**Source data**
//! Two preparations over one key, interleaved in every order, with a helper of the first between any two
//! steps. After each step the store is audited.
use crate::audits::fault;
use crate::parts::{opened, preparation, prepare, record};
use flush_prepare::Prepare;
use std::alloc::Global;
use std::test::Fail;
use store_memory::SilentStore;
use store_trait::{Name, Store, record_in};

const FIRST: &str =
    r#"{"cell":"record","is":{"_id":"000000000000000000000001","o":[{"c":"k","d":"x","u":{"$set":{"v":1}}}],"s":1}}"#;

const SECOND: &str =
    r#"{"cell":"record","is":{"_id":"000000000000000000000002","o":[{"c":"k","d":"x","u":{"$set":{"v":2}}}],"s":1}}"#;

const DOCUMENT: &str = r#"{"c":"k","cell":"doc","is":{"_id":"x","v":0}}"#;

/// Makes a step, and whether the store is sound after it.
fn steps(alloc: Global, store: &mut SilentStore, part: &mut Prepare) -> Result<bool, Fail> {
    let answer = part.step(alloc, store);
    if answer.is_err() {
        return Err("refused".into());
    }
    Ok(fault(alloc, store).is_none())
}

/// Whether a helper that prepares the first record anew leaves the store sound.
fn helps(alloc: Global, store: &mut SilentStore) -> Result<bool, Fail> {
    let answer = prepare(alloc, store, FIRST)?;
    if answer.is_err() {
        return Err("refused".into());
    }
    Ok(fault(alloc, store).is_none())
}

/// Whether the record of a line is prepared by now.
fn is_prepared(alloc: Global, store: &mut SilentStore, line: &str) -> Result<bool, Fail> {
    let id = record(alloc, line)?.id;
    let found = store
        .read(alloc, &Name::Record(id))
        .ok()
        .ok_or("store fault")?;
    match record_in(found) {
        Some(rec) => Ok(rec.is_decided()),
        None => Ok(false),
    }
}

/// Both preparations, which take turns.
#[derive(Drop)]
struct Pair {
    first: Prepare,
    second: Prepare,
}

/// Whether the store is sound after each of twelve steps, of which the bits of `order` say whose turn it is, and
/// after the helper, which comes before the step `helped`.
fn steps_stay_sound(
    alloc: Global,
    store: &mut SilentStore,
    pair: &mut Pair,
    order: u32,
    helped: u32,
) -> Result<bool, Fail> {
    for place in 0_u32..12 {
        if place == helped && !helps(alloc, store)? {
            return Ok(false);
        }
        let part = if order >> place & 1 == 1 {
            &mut pair.first
        } else {
            &mut pair.second
        };
        if !steps(alloc, store, part)? {
            return Ok(false);
        }
    }
    Ok(true)
}

/// The same from the beginning, and whether both records are prepared in the end.
fn stays_sound(alloc: Global, order: u32, helped: u32) -> Result<bool, Fail> {
    let mut store = opened(alloc, &[FIRST, SECOND, DOCUMENT])?;
    let mut pair = Pair {
        first: preparation(alloc, FIRST)?,
        second: preparation(alloc, SECOND)?,
    };
    if !steps_stay_sound(alloc, &mut store, &mut pair, order, helped)? {
        return Ok(false);
    }
    Ok(is_prepared(alloc, &mut store, FIRST)? && is_prepared(alloc, &mut store, SECOND)?)
}

#[test]
fn every_order_stays_sound(rt: HostRuntime) -> Result<(), Fail> {
    for order in 0_u32..4096 {
        if order.count_ones() == 6 {
            for helped in 0..13 {
                assert!(rt; stays_sound(rt.alloc(), order, helped)?, "{order} {helped}");
            }
        }
    }
    Ok(())
}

**YOUR TASK**
So that nothing differs from the original, transcribe all of the records above.

**COMPLETED EXERCISE**
//! Two preparations over one key, interleaved in every order, with a helper of the first between any two
//! steps. After each step the store is audited.
use crate::audits::fault;
use crate::parts::{opened, preparation, prepare, record};
use flush_prepare::Prepare;
use std::alloc::Global;
use std::test::Fail;
use store_memory::SilentStore;
use store_trait::{Name, Store, record_in};

const FIRST: &str =
    r#"{"cell":"record","is":{"_id":"000000000000000000000001","o":[{"c":"k","d":"x","u":{"$set":{"v":1}}}],"s":1}}"#;

const SECOND: &str =
    r#"{"cell":"record","is":{"_id":"000000000000000000000002","o":[{"c":"k","d":"x","u":{"$set":{"v":2}}}],"s":1}}"#;

const DOCUMENT: &str = r#"{"c":"k","cell":"doc","is":{"_id":"x","v":0}}"#;

/// Makes a step, and whether the store is sound after it.
fn steps(alloc: Global, store: &mut SilentStore, part: &mut Prepare) -> Result<bool, Fail> {
    let answer = part.step(alloc, store);
    if answer.is_err() {
        return Err("refused".into());
    }
    Ok(fault(alloc, store).is_none())
}

/// Whether a helper that prepares the first record anew leaves the store sound.
fn helps(alloc: Global, store: &mut SilentStore) -> Result<bool, Fail> {
    let answer = prepare(alloc, store, FIRST)?;
    if answer.is_err() {
        return Err("refused".into());
    }
    Ok(fault(alloc, store).is_none())
}

/// Whether the record of a line is prepared by now.
fn is_prepared(alloc: Global, store: &mut SilentStore, line: &str) -> Result<bool, Fail> {
    let id = record(alloc, line)?.id;
    let found = store
        .read(alloc, &Name::Record(id))
        .ok()
        .ok_or("store fault")?;
    match record_in(found) {
        Some(rec) => Ok(rec.is_decided()),
        None => Ok(false),
    }
}

/// Both preparations, which take turns.
#[derive(Drop)]
struct Pair {
    first: Prepare,
    second: Prepare,
}

/// Whether the store is sound after each of twelve steps, of which the bits of `order` say whose turn it is, and
/// after the helper, which comes before the step `helped`.
fn steps_stay_sound(
    alloc: Global,
    store: &mut SilentStore,
    pair: &mut Pair,
    order: u32,
    helped: u32,
) -> Result<bool, Fail> {
    for place in 0_u32..12 {
        if place == helped && !helps(alloc, store)? {
            return Ok(false);
        }
        let part = if order >> place & 1 == 1 {
            &mut pair.first
        } else {
            &mut pair.second
        };
        if !steps(alloc, store, part)? {
            return Ok(false);
        }
    }
    Ok(true)
}

/// The same from the beginning, and whether both records are prepared in the end.
fn stays_sound(alloc: Global, order: u32, helped: u32) -> Result<bool, Fail> {
    let mut store = opened(alloc, &[FIRST, SECOND, DOCUMENT])?;
    let mut pair = Pair {
        first: preparation(alloc, FIRST)?,
        second: preparation(alloc, SECOND)?,
    };
    if !steps_stay_sound(alloc, &mut store, &mut pair, order, helped)? {
        return Ok(false);
    }
    Ok(is_prepared(alloc, &mut store, FIRST)? && is_prepared(alloc, &mut store, SECOND)?)
}

#[test]
fn every_order_stays_sound(rt: HostRuntime) -> Result<(), Fail> {
    for order in 0_u32..4096 {
        if order.count_ones() == 6 {
            for helped in 0..13 {
                assert!(rt; stays_sound(rt.alloc(), order, helped)?, "{order} {helped}");
            }
        }
    }
    Ok(())
}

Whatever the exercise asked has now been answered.